A.S. Bryden looking to pharmacy division for growth

8 months ago 50

With contracting margins in other divisions and limited markets for the time being, Seprod subsidiary A.S. Bryden & Sons Holdings Limited is looking to its pharmacy division for more growth.

CEO Richard Pandohie says the division already contributes significantly to the sales of the Trinidad-based company. He wants to grow the contribution to as much as 20 per cent by the end of this year – which would mean a five to seven-point jump.

To get there, based on current group revenue, the division would have to grow its sales by as mush as TT$180 million, and possibly more were Bryden to improve on its overall sales as a group this year.

“Right now, the pharmacy side of the business is about 13 per cent of total revenue. We want to grow that to about 18 or 20 per cent by the end of the financial year,” Pandohie told the Financial Gleaner.

Pandohie acknowledges that the growth target for the pharmacy division is a tall task, but said, now that the business has been streamlined, efforts will be concentrated on the pharmacy side to extract more value.

Pandohie, who is also the CEO of Seprod Group, says the Jamaican conglomerate’s pharma business as a whole is splintered, which effectively adds to costs and dampens profits. The unit needs to scale to improve its financial performance, he noted.

Seprod operates Facey Pharmaceutical while A.S. Bryden’s member company Bryden pi runs a separate pharmaceutical division.

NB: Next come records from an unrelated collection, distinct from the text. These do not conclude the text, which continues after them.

// The relay messages of a circuit's streams: DATA, END and SENDME (tor-spec, "Closing streams", "Flow
// control").

ghost use Rattle.std.specs.Prelude.{◌≡◌, ℕ, ◌+◌, ◌^◌, ◌<◌, ◌≤◌, [], ◌∷◌, List, length, position, is_some, Some, None, IfSome, IfNone, IsTrue};
ghost use Rattle.tor_spec.specs.RelayCell.{relay_body, data_command, end_command, sendme_command};
ghost use Rattle.tor_spec.specs.CircuitWindow.{CircuitWindow, after_accepting};
ghost use Rattle.sendme_windows.specs.WindowsState.{KeepsLimits, HasCountsOf};
ghost use Rattle.circuit_model.specs.Rules.{Rules as ModelRules};
ghost use Rattle.circuit_model.specs.Log.{Log, Message as ModelMessage, no_effects};
ghost use Rattle.circuit_model.specs.Places.{live_place};
ghost use Rattle.circuit_model.specs.Streams.{ending, acknowledging, data_effects, end_effects, sendme_effects};
ghost use Rattle.circuit_model.specs.Words.{effects, log};
ghost use Rattle.stream_edge.specs.PlacesState.{IsLive, IsTaken, held_at};
ghost use Rattle.stream_edge.specs.Streams.{is_live_as};
ghost use Rattle.stream_edge.specs.declared.placed_stream.PlacedStream.{PlacedStream};
ghost use Rattle.circ_relay.specs.BroughtMessages.{IsBrought, after_cell};
ghost use Rattle.circ_relay.specs.Packaging.{IsPackagedNext, Packages};
ghost use Rattle.circ_relay.specs.EdgeEvents.{stream_of_order};
ghost use Rattle.circ_relay.specs.CircuitOfLog.{HasCalls, HasParts, IsMadeBy};
ghost use Rattle.circ_relay.specs.Packaging.{IsPackager};
ghost use Rattle.circ_relay.specs.PlacesOfLog.{AreNamed, ArePlaces};
ghost use Rattle.circ_relay.specs.WindowOfLog.{window_of};
ghost use Rattle.circ_relay.specs.Values.{effects_of, key_of};

use crate::circuit::Circuit;
use crate::effects::Effects;
use crate::message::Message;
use cell_codec::{Bytes, destroy_reason};
use relay_cell::{circuit_sendme_body, end_body, end_reason};
use sendme_windows::ProofAnswer;
use stream_edge::{AcceptAnswer, CreditAnswer, PlaceNo};
use tr_io::edges::EdgeOrder;
use tr_io::names::StreamKey;

impl Circuit {
    // The place at which the StreamID is live.
    pub(crate) fn live_place(&self, stream: u16) -> Option<PlaceNo>
        ensures live { IfSome result (λ place. IsLive self.now.places place.0) }
        ensures serial { IfSome result (λ place. (log : Log) (h : PlacedStream) → ArePlaces self.now.places log → AreNamed log
            → held_at self.now.places place.0 ≡ Some h → live_place log stream ≡ Some h.serial) }
        ensures none { IfNone result ((log : Log) → ArePlaces self.now.places log → AreNamed log → live_place log stream ≡ None) }
        ensures found { is_some result ≡ is_some (position (is_live_as stream) self.now.places.streams) }
    {
        self.places.live(stream)
    }

    pub(crate) fn key_at(&self, stream: u16, place: PlaceNo) -> StreamKey
        requires { IsTaken self.now.places place.0 }
        ensures key { (h : PlacedStream) → held_at self.now.places place.0 ≡ Some h →
            key_of result ≡ record { stream = stream; serial = h.serial } }
        ensures circuit { result.circ ≡ self.now.number }
    {
        StreamKey {
            circ: self.number,
            id: stream,
            serial: self.places.serial(place),
        }
    }

    // An END for this reason (tor-spec, "Closing streams").
    #[tactic(auto, using(tor_spec::proofs::Bodies::relay_body_fits))]
    pub(crate) fn ending(&mut self, stream: u16, reason: u8) -> Effects
        requires { self.old.packager.padding.count < 2 ^ 63 }
        ensures effects { (log : Log) → IsPackager self.old.packager log → effects_of result ≡ ending log stream reason }
        ensures next { Packages self.old.packager self.new.packager (relay_body end_command stream (reason ∷ [])) }
        ensures unclosed { result.close ≡ None }
        ensures orderless { result.edge ≡ None }
        ensures packaged { self.new.packager.padding.count ≡ self.old.packager.padding.count + 1 }
        ensures rest { self.new ≡ record self.old { packager = self.new.packager } }
    {
        self.packaging(&end_body(stream, reason))
    }

    pub(crate) fn data(&mut self, message: &Message<'_>, room: Bytes, outcome: &mut Effects)
        requires calls { HasCalls self.old }
        requires empty { room.items ≡ [] }
        requires ample { IsTrue (is_some (position (is_live_as message.now.stream) self.old.places.streams)) → 498 ≤ room.spare }
        requires blank { effects_of outcome.old ≡ no_effects }
        ensures effects { (log : Log) (command : ℕ) (body : List ℕ) (m : ModelMessage) →
            IsBrought message.now log command body m → HasParts self.old log → effects_of outcome.new ≡ data_effects log m }
        ensures parts { (rules : ModelRules) (log : Log) (command : ℕ) (body : List ℕ) (m : ModelMessage) →
            IsBrought message.now log command body m → HasParts self.old log → m.command ≡ data_command →
            outcome.new.close ≡ None → HasParts self.new (after_cell rules log command body) }
        ensures windows { self.new.windows.calls ≤ self.old.windows.calls + 1 }
        ensures places { self.new.places.calls ≤ self.old.places.calls + 1 }
        ensures packaged { self.new.packager.padding.count ≤ self.old.packager.padding.count + 1 }
        ensures limits { KeepsLimits self.old.windows self.new.windows }
        ensures early { self.new.early_cells ≡ self.old.early_cells }
        ensures number { self.new.number ≡ self.old.number }
        ensures order { IfSome outcome.new.edge (λ order. (stream_of_order order).circ ≡ self.old.number) }
    {
        let Some(place) = self.live_place(message.stream) else {
            self.acknowledging(&message.digest, outcome);
            return;
        };
        let key = self.key_at(message.stream, place);
        match self.places.accepted(place) {
            AcceptAnswer::Overrun => *outcome = Effects::closing(destroy_reason::PROTOCOL),
            AcceptAnswer::Accepted => {
                self.acknowledging(&message.digest, outcome);
                outcome.edge = Some(EdgeOrder::Carry(key, filled(room, message.payload)));
            }
        }
    }

    // Each 100th DATA that the circuit accepts is acknowledged with the digest of its body.
    #[tactic(auto, using(tor_spec::proofs::Fitting::body_fits, tor_spec::proofs::Fitting::proof_fits))]
    fn acknowledging(&mut self, digest: &[u8; 20], outcome: &mut Effects)
        requires calls { self.old.windows.calls < 2 ^ 63 }
        requires packaged { self.old.packager.padding.count < 2 ^ 63 }
        requires blank { effects_of outcome.old ≡ no_effects }
        ensures effects { (log : Log) (m : ModelMessage) → IsPackager self.old.packager log →
            HasCountsOf self.old.windows (window_of log) → m.digest ≡ digest.now → effects_of outcome.new ≡ acknowledging log m }
        ensures packager { (log : Log) (m : ModelMessage) → IsPackager self.old.packager log →
            HasCountsOf self.old.windows (window_of log) → m.digest ≡ digest.now →
            IsPackagedNext self.new.packager log (acknowledging log m).back }
        ensures stands { (w : CircuitWindow) → HasCountsOf self.old.windows w → HasCountsOf self.new.windows (after_accepting w) }
        ensures windows { self.new.windows.calls ≡ self.old.windows.calls + 1 }
        ensures limits { KeepsLimits self.old.windows self.new.windows }
        ensures packaged { self.new.packager.padding.count ≤ self.old.packager.padding.count + 1 }
        ensures rest { self.new ≡ record self.old { packager = self.new.packager; windows = self.new.windows } }
        ensures unclosed { outcome.new.close ≡ None }
        ensures orderless { outcome.new.edge ≡ None }
    {
        let is_due = self.windows.accepted();
        if !is_due {
            return;
        }
        self.package_into(&circuit_sendme_body(digest), outcome);
    }

    pub(crate) fn end(&mut self, message: &Message<'_>) -> Effects
        requires calls { HasCalls self.old }
        ensures effects { (log : Log) (command : ℕ) (body : List ℕ) (m : ModelMessage) →
            IsBrought message.now log command body m → HasParts self.old log → effects_of result ≡ end_effects m }
        ensures parts { (rules : ModelRules) (log : Log) (command : ℕ) (body : List ℕ) (m : ModelMessage) →
            IsBrought message.now log command body m → HasParts self.old log → m.command ≡ end_command → result.close ≡ None →
            HasParts self.new (after_cell rules log command body) }
        ensures windows { self.new.windows ≡ self.old.windows }
        ensures places { self.new.places.calls ≤ self.old.places.calls + 1 }
        ensures packager { self.new.packager ≡ self.old.packager }
        ensures early { self.new.early_cells ≡ self.old.early_cells }
        ensures number { self.new.number ≡ self.old.number }
        ensures order { IfSome result.edge (λ order. (stream_of_order order).circ ≡ self.old.number) }
    {
        let Some(place) = self.live_place(message.stream) else {
            return Effects::none();
        };
        let key = self.key_at(message.stream, place);
        self.places.ending(place);
        Effects {
            edge: Some(EdgeOrder::Close(key, end_reason(message.payload))),
            ..Effects::none()
        }
    }

    pub(crate) fn sendme(&mut self, message: &Message<'_>) -> Effects
        requires calls { HasCalls self.old }
        ensures effects { (rules : ModelRules) (log : Log) (command : ℕ) (body : List ℕ) (m : ModelMessage) →
            IsBrought message.now log command body m → IsMadeBy self.old rules → HasParts self.old log →
            effects_of result ≡ sendme_effects rules log m }
        ensures parts { (rules : ModelRules) (log : Log) (command : ℕ) (body : List ℕ) (m : ModelMessage) →
            IsBrought message.now log command body m → IsMadeBy self.old rules → HasParts self.old log →
            m.command ≡ sendme_command → result.close ≡ None → HasParts self.new (after_cell rules log command body) }
        ensures windows { self.new.windows.calls ≤ self.old.windows.calls + 1 }
        ensures places { self.new.places.calls ≤ self.old.places.calls + 1 }
        ensures packager { self.new.packager ≡ self.old.packager }
        ensures limits { KeepsLimits self.old.windows self.new.windows }
        ensures early { self.new.early_cells ≡ self.old.early_cells }
        ensures number { self.new.number ≡ self.old.number }
        ensures order { IfSome result.edge (λ order. (stream_of_order order).circ ≡ self.old.number) }
    {
        if message.stream == 0 {
            return match self.windows.proof_of(message.payload) {
                ProofAnswer::Good => Effects::none(),
                _ => Effects::closing(destroy_reason::PROTOCOL),
            };
        }
        let Some(place) = self.live_place(message.stream) else {
            return Effects::none();
        };
        match self.places.credit(place) {
            CreditAnswer::Raised => Effects::none(),
            CreditAnswer::TooMuch => Effects::closing(destroy_reason::PROTOCOL),
        }
    }
}

// The room with these bytes, for which it is large enough.
fn filled(room: Bytes, bytes: &[u8]) -> Bytes
    requires empty { room.items ≡ [] }
    requires ample { length bytes.now ≤ room.spare }
    ensures { result.items ≡ bytes.now }
{
    let mut contents = room;
    match contents.extend(bytes) {
        Ok(()) => contents,
        Err(_) => unreachable!(),
    }
}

Seprod has owned A.S. Bryden and its group of companies for less than two years, since June 2022. The two companies have been amalgamated but new synergies are under consideration, including in their pharma operations.

“We’re now well on the way to creating a regional structure and, while I do not want to say much more at this time, what I can say is that we are onboarding the necessary talent and we are reimagining our relationships with our suppliers, who are just as excited with what we’re doing,” Pandohie said of the new moves.

The company is aiming for a more efficient approach to drug procurement and distribution.

It involves strategising around overcoming limitations, such as ‘minimum order quantities’, for example, a practice that has seen hospitals dumping unused drugs that have aged out.

Minimum order quantities are said to be the bane of small island developing states’ pharma markets. It effectively means that, in placing an order for a given drug, the minimum amount that can be ordered is often multiples of what a health authority in a particular territory needs.

“Imagine the possibilities if we had a regional approach to ordering drugs. I could easily order in sufficient quantities and distribute to the region in quantities that would make sense for them, and so there would be less dumping,” Pandohie said.

However, he declined to extrapolate further on how Seprod is tackling the issue. What Seprod and A.S. Bryden are looking at is a pharmacy regime that would save money for taxpayers and lessen the cost of healthcare in the region, he asserted.

For the financial year ended December 2023, healthcare was number three of the four divisions making up the A.S. Bryden Group. Consumer goods contributed revenue of nearly TT$1.72 billion; hardware and housewares, TT$198.5 million; healthcare, TT$327 million; and industrial equipment and lubricants, TT$363 million.

Total group revenue climbed from TT$1.25 billion to TT$2.56 billion. However, the comparative period covered only seven months for Bryden, which began operating as a ‘new’ amalgamated company at its takeover by Seprod in mid-2022. Bryden’s history dates back to 1898 as a Barbadian company, and 1923 when it set up operations in Trinidad.

Pandohie says, with neighbouring Guyana currently building seven hospitals, there are real possibilities for growth at Bryden pi.

“There will be growth from simple expansion of the pie. There will also be growth from dealing with our principals and suppliers in a different way. For me, that will be the strongest growth area for us in the short-to-medium term,” he said.

As for the consumer goods division, which is the cash cow for the group, Pandohie says efforts will be concentrated on working down the inventory levels, which had been bulked up in response to the COVID-19 pandemic.

“Now that we’ve seen the back of the pandemic, we can know look where we had to bulk up inventory to as much as four to five months of supplies. We can now bring it down to about two months of supplies, like it was before the pandemic, making it more manageable,” the chief executive said.

Working down the inventory will involve some amount of “margin pressure” from destocking and possibly discounting some goods. As such, Pandohie does not expect Bryden’s top line to grow very much this year. However, efforts will be concentrated on preserving the company’s gross margin, so that it flows to the bottom line.

“We ideally want to grow it to about 30 per cent but, for the time being, we will be satisfied with 200 basis points, which would take us to about 28 per cent,” Pandohie said.

Last year, Bryden made TT$162 million in profit, up from TT$62 million. Profit for shareholders was nearly TT$129 million, compared to TT$65 million in the previous period.